Dante mengembuskan napas panjang, lalu mengacak rambutnya kasar.
Dan tiba-tiba ingatan malam tadi muncul begitu saja deras, tajam, membuat hatinya berdegup kencang.
“Sial…” dengusnya lagi, kali ini lebih keras. “Tadi malam aku lupa minum obat itu.”
Ia berdiri, berjalan pelan ke arah jendela. Matanya kosong menatap ke luar, sementara pikirannya penuh kekhawatiran yang tak pernah ia rasakan sebelumnya.
Ia menatap pantulan dirinya di kaca, wajah tenang yang berusaha menutupi badai di dalam hati.
Perlahan pandangannya kembali ke arah Selina, yang masih tidur dengan posisi meringkuk, seolah mencari sisa kehangatan semalam. Bibir Dante menegang.
“Semoga kau tidak hamil, Sel…” gumamnya lirih, suaranya nyaris seperti doa tapi terdengar getir.
Ia tahu, jika Selina sampai mengandung, segalanya akan berubah.
Dan Dante… bukan tipe pria yang menyukai perubahan.
Ia menarik napas panjang, menatap sekali lagi wajah istrinya, lalu melangkah keluar kamar tanpa suara, meninggalkan aroma dingin di udara yang sebelumnya dihangatkan oleh cinta, tapi kini terasa seperti kabut tipis penuh rahasia.
Selina menggeliat pelan di bawah selimut, menguap kecil sebelum membuka matanya yang masih sayu. Aroma kopi samar tercium dari meja sisi ranjang. Ia tersenyum, karena tahu hanya Dante yang membuatkan kopi tanpa diminta, pahit, tapi hangat seperti dirinya.
“Mas…” panggilnya setengah berbisik.
Dante yang sedang duduk di kursi dekat jendela hanya menoleh sekilas. “Hm?” sahutnya pendek.
Selina memperhatikan ekspresinya dingin, tapi ada sesuatu di balik tatapan itu yang tampak gelisah. Ia bangkit, duduk bersandar di kepala ranjang sambil merapikan rambutnya. “Kenapa mukamu kayak orang habis mimpi buruk?” tanyanya sambil tersenyum tipis.
Dante terdiam sejenak. “Nggak,” jawabnya singkat, meneguk kopinya tanpa menatap Selina. Tapi matanya yang redup justru mengkhianati kalimat itu.
Selina mendekat, menarik selimut hingga menutupi tubuhnya. “Kau nggak biasanya bangun sepagi ini,” ucapnya lembut. “Kepikiran kerjaan?”
Suasana kamar mendadak hening.
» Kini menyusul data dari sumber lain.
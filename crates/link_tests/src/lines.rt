//! Lines that cannot be read, streams that fail, the fields of lines, and the longest fragment.

use crate::cases::play_case;
use linkscript::field::{FieldFault, field_bytes, field_text};
use linkscript::run::{RunFault, run_under};
use sctp_packets::checksum::Crc32c;
use std::alloc::{AllocError, Global};
use std::io::{self, ErrorKind, Read, Write};

/// Whether a script prints this, and ends so.
pub(crate) fn prints(
    alloc: Global,
    script: &[u8],
    printed: &[u8],
    status: Result<u8, RunFault>,
) -> bool {
    let mut input = script;
    let mut output = Vec::new(alloc);
    let ended = run_under(alloc, Crc32c, &mut input, &mut output);
    let same = ended == status && output.as_slice() == printed;
    drop(output);
    same
}

const FIRST_LINES: [&str; 18] = [
    "",
    "\n",
    "open 1\n",
    "link 10 3\n",
    "link 10 3 100 \n",
    "link 10 3 100 0 \n",
    "link 10 3 100 0 0\n",
    "link 10 3 100 -\n",
    "link 10 3 100 4294967296\n",
    "link 10 0 100 60\n",
    "link 10 0 100\n",
    "link 10 65520 100\n",
    "link 4294967296 3 100\n",
    "link 10 3 4294967296\n",
    " link 10 3 100\n",
    "link 10 3 100\r\n",
    "\u{feff}link 10 3 100\n",
    "link\t10 3 100\n",
];

fn is_no_first_line(alloc: Global, line: &str) -> bool {
    prints(alloc, line.as_bytes(), b"bad line 1\n", Ok(2))
}

/// Whether a script whose third line this is ends there.
fn ends_a_script(alloc: Global, line: &str) -> bool {
    let mut script = String::new(alloc);
    let _ = write!(script, "link 10 3 100\nopen 1\n{line}\nopen 1\n");
    let ends = prints(alloc, script.as_bytes(), b"opened\nbad line 3\n", Ok(2));
    drop(script);
    ends
}

const LINES: [&str; 50] = [
    "",
    " ",
    "open",
    "open ",
    " open 1",
    "open  1",
    "open 1 ",
    "open 1 1",
    "open 1\r",
    "open\t1",
    "open +5",
    "open -5",
    "open 1_0",
    "open 0x1",
    "open 65536",
    "open 99999999999999999999",
    "open \u{663}",
    "Open 1",
    "opened",
    "write 1 53",
    "write 1 53 ",
    "write 1 53 6",
    "write 1 53 6g",
    "write 1 53 61 62",
    "write 1 4294967296 61",
    "write 65536 53 61",
    "send",
    "send 18446744073709551616",
    "arrive",
    "arrive 0 0",
    "read",
    "mode 1 ordered reliable",
    "mode 1 ordered reliable 4294967296",
    "mode 1 ordered always 0",
    "mode 1 reliable 0",
    "mode 65536 ordered reliable 0",
    "start",
    "resend 4294967296",
    "ack -",
    "ack 4294967296",
    "acked",
    "expire",
    "tail -1",
    "late 18446744073709551616",
    "abandon 4294967296",
    "skip 11",
    "skip - 0",
    "skip 11 0,",
    "skip 11 0,-",
    "skip 11 0 1",
];

fn is_refused_as_input(alloc: Global, script: &[u8]) -> bool {
    prints(alloc, script, b"", Err(RunFault::Input))
}

const NO_UTF8: [&[u8]; 2] = [b"link 10 3 100\nopen 1\n\xff\n", b"bad\n\x80"];

/// Gives its bytes, and then fails.
#[derive(Drop)]
struct Broken<'a> {
    bytes: &'a [u8],
}

impl Read for Broken<'_> {
    fn read(&mut self, buf: &mut [u8]) -> io::Result<usize> {
        if self.bytes.is_empty() || buf.is_empty() {
            return Err(io::Error::from(ErrorKind::BrokenPipe));
        }
        buf[0] = self.bytes[0];
        self.bytes = &self.bytes[1..];
        Ok(1)
    }
}

/// Takes so many bytes, and then fails.
#[derive(Drop)]
struct Full {
    room: usize,
    taken: usize,
}

impl Write for Full {
    fn write(&mut self, buf: &[u8]) -> io::Result<usize> {
        let count = buf.len().min(self.room);
        if count == 0 {
            return Err(io::Error::from(ErrorKind::BrokenPipe));
        }
        self.room -= count;
        self.taken = self.taken.wrapping_add(count);
        Ok(count)
    }

    fn flush(&mut self) -> io::Result<()> {
        Ok(())
    }
}

/// Whether a script whose input fails behind these bytes ends so; what it prints is put to the output.
fn input_fails(alloc: Global, bytes: &[u8], output: &mut Vec<u8>) -> bool {
    let mut input = Broken { bytes };
    run_under(alloc, Crc32c, &mut input, output) == Err(RunFault::Input)
}

fn each_input_fails(alloc: Global, script: &[u8]) -> bool {
    let mut output = Vec::new(alloc);
    let mut well = true;
    for taken in 0..script.len() {
        well = well && input_fails(alloc, &script[..taken], &mut output);
    }
    well = well && output.is_empty();
    drop(output);
    well
}

/// Whether a script ends so where the output has this room, and all of it is filled.
fn fills(alloc: Global, script: &[u8], room: usize, due: Result<u8, RunFault>) -> bool {
    let mut input = script;
    let mut output = Full { room, taken: 0 };
    run_under(alloc, Crc32c, &mut input, &mut output) == due && output.taken == room
}

fn each_output_fails(alloc: Global, script: &[u8], whole: usize) -> bool {
    let mut well = true;
    for room in 0..whole {
        well = well && fills(alloc, script, room, Err(RunFault::Output));
    }
    well && fills(alloc, script, whole, Ok(2))
}

fn streams_fail(alloc: Global) -> bool {
    let script = b"link 10 3 100\nopen 1\nopen 1\nreed 1\n".as_slice();
    let whole = "opened\nrefused L2\nbad line 4\n".len();
    each_input_fails(alloc, script) && each_output_fails(alloc, script, whole)
}

fn is_shown(alloc: Global, bytes: &[u8], text: &str) -> bool {
    match field_text(alloc, bytes) {
        Ok(shown) => {
            let same = shown.as_str() == text;
            drop(shown);
            same
        }
        Err(_) => false,
    }
}

fn is_told(alloc: Global, text: &str, bytes: &[u8]) -> bool {
    match field_bytes(alloc, text) {
        Ok(told) => {
            let same = told.as_slice() == bytes;
            drop(told);
            same
        }
        Err(_) => false,
    }
}

const FIELDS: [(&str, &[u8]); 3] = [("-", b""), ("00ff", b"\x00\xff"), ("616263", b"abc")];

const NO_FIELDS: [&str; 7] = ["", "--", "6", "6g", "0x61", " 61", "61 "];

fn are_fields_so(alloc: Global) -> bool {
    let mut well = is_told(alloc, "aFFa", b"\xaf\xfa");
    for (text, bytes) in FIELDS {
        well = well && is_shown(alloc, bytes, text) && is_told(alloc, text, bytes);
    }
    for text in NO_FIELDS {
        well = well && field_bytes(alloc, text).err() == Some(FieldFault::NotHex);
    }
    well
}

/// Plays the case of the longest fragment, which has 65,519 bytes.
fn play_longest(alloc: Global, log: &mut Vec<u8>) {
    let mut case = String::new(alloc);
    match put_longest(alloc, &mut case) {
        Ok(()) => play_case(alloc, case.as_str(), log),
        Err(_) => tell(log, "no memory", "for the longest fragment"),
    }
    drop(case);
}

fn put_longest(alloc: Global, case: &mut String) -> Result<(), AllocError> {
    let zeros = "00".repeat(alloc, 65_520)?;
    let put = write!(case, "{LONGEST} {zeros}: wrote 0 2\n{LONGEST_READ} {zeros}");
    drop(zeros);
    put
}

const LONGEST: &str =
    "== the longest fragment\nlink 10 65519 4294967295\nopen 1: opened\nwrite 1 53";

const LONGEST_READ: &str =
    "send 0: sent 0 10 0\nsend 0: sent 1 11 0\narrive 1: new\narrive 0: new\nread 1: message 1 53";

fn tell(log: &mut Vec<u8>, what: &str, of: &str) {
    drop(write!(log, "{what}: {of:?}\n"));
}

fn read_first_lines(alloc: Global, log: &mut Vec<u8>) {
    for line in FIRST_LINES {
        if !is_no_first_line(alloc, line) {
            tell(log, "a first line that cannot be read", line);
        }
    }
}

fn read_lines(alloc: Global, log: &mut Vec<u8>) {
    for line in LINES {
        if !ends_a_script(alloc, line) {
            tell(log, "a line that cannot be read", line);
        }
    }
}

/// Puts to the log each row of the tables that is not as it ought to be.
pub(crate) fn read_tables(alloc: Global, log: &mut Vec<u8>) {
    read_first_lines(alloc, log);
    read_lines(alloc, log);
    if !is_refused_as_input(alloc, NO_UTF8[0]) || !is_refused_as_input(alloc, NO_UTF8[1]) {
        tell(log, "input", "that is not UTF-8");
    }
    if !streams_fail(alloc) {
        tell(log, "streams", "that fail");
    }
    if !are_fields_so(alloc) {
        tell(log, "fields", "or texts that are none");
    }
    play_longest(alloc, log);
}
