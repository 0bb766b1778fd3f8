//! Plays the cases and the scripts of standard input to links, and reads lines that are no events.
//!
//! The first line says how often memory is taken, and given back, before anything is played. Then come blocks, with an empty line between
//! two: scripts, which are played to two links in step (`refusals`); cases, which begin with a name (`cases`); and `tables`, for the tables
//! of this program (`lines`). The first line that is printed is of the scripts. Behind it stands what a case or a table answered that
//! is not as it ought to be, or how many cases there were. The status is 0 where all is as it ought to be.
#![tactic(auto)]

pub mod callers;
mod cases;
mod lines;
mod refusals;

use self::refusals::turn::State;
use self::refusals::{print, take_memory};
use std::alloc::Global;
use std::io::{self, Read};
use std::process::ExitCode;

/// Plays blocks, with an empty line between two.
fn play_blocks(alloc: Global, blocks: &str, state: &mut State, log: &mut Vec<u8>) -> u32 {
    let mut count = 0u32;
    for block in blocks.split("\n\n") {
        if block.starts_with("== ") {
            cases::play_case(alloc, block, log);
            count = count.saturating_add(1);
        } else if block == "tables" {
            lines::read_tables(alloc, log);
        } else {
            refusals::play_script(alloc, block, state);
        }
    }
    count
}

/// Plays what standard input says, and prints what came of it. Answers whether all is as it ought to be.
fn play_input(rt: &HostRuntime, alloc: Global, input: &[u8], log: &mut Vec<u8>) -> bool {
    let text = str::from_utf8(input).unwrap_or("").trim_end();
    let (number, blocks) = text.split_once("\n\n").unwrap_or((text, ""));
    take_memory(alloc, number);
    let mut state = State::new();
    let count = play_blocks(alloc, blocks, &mut state, log);
    drop(rt.eprint(str::from_utf8(log).unwrap_or("")));
    if let Some(what) = state.fault {
        drop(eprintln!(rt; "differs at line {}: {what}", state.line));
    }
    let printed = print(&mut io::writer(rt), &state, count, log);
    printed && state.fault.is_none() && log.is_empty()
}

fn main(rt: HostRuntime) -> ExitCode {
    let alloc = rt.alloc();
    let mut input = Vec::new(alloc);
    let mut log = Vec::new(alloc);
    let read = rt.reader().read_to_end(&mut input);
    let is_well = read.is_ok() && play_input(&rt, alloc, &input, &mut log);
    drop(read);
    drop(input);
    drop(log);
    if is_well {
        ExitCode::SUCCESS
    } else {
        ExitCode::FAILURE
    }
}
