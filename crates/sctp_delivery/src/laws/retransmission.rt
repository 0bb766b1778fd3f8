//! How often and when chunks in flight were sent, and which are to be sent again (RFC 9260 6.3.3, 7.2.4): a law.

ghost use Rattle.sctp_delivery.specs.Retransmission.{AfterEachSessionWithEvents, AreNoted};

/// In every session of fewer than 2^31 TSNs, of each chunk in flight that is neither acknowledged nor abandoned: `nsent` is how often the
/// session sent its TSN, up to 2^32 - 1, and `since` when last. It is marked exactly where, since it was sent last, it was reported missing
/// for the third time, or `retransmit_all` was called.
pub fn chunks_in_flight_are_noted()
    ensures { AfterEachSessionWithEvents AreNoted }
{}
Selina menatap Dante lama, mencoba memahami sisi keras kepala lelaki itu yang selalu menolak membicarakan hal-hal lembut seperti ini.
Dante menoleh pelan, menatap Selina, kali ini dengan sorot mata yang tak lagi sedingin tadi. Ada getar halus di matanya, seperti seseorang yang sedang berperang antara rasa cinta dan ketakutan.
Ia berjalan mendekat, lalu duduk di tepi ranjang, mengelus rambut Selina.
“Sel…” suaranya rendah, serak. “Kalau pun nanti ada hal-hal yang nggak kuinginkan terjadi… aku cuma berharap kamu tetap di sini. Jangan pergi, ya.”
Selina tersenyum lembut, menggenggam tangan Dante. “Selama kamu masih jadi rumahku, aku nggak akan ke mana-mana.”
Dante menunduk, mengecup keningnya pelan tapi dalam. Di dadanya, ada denyut aneh antara cemas dan sayang. Sementara di kepalanya, bayangan bayi kecil dari mimpinya masih terus menari, seperti firasat yang enggan hilang.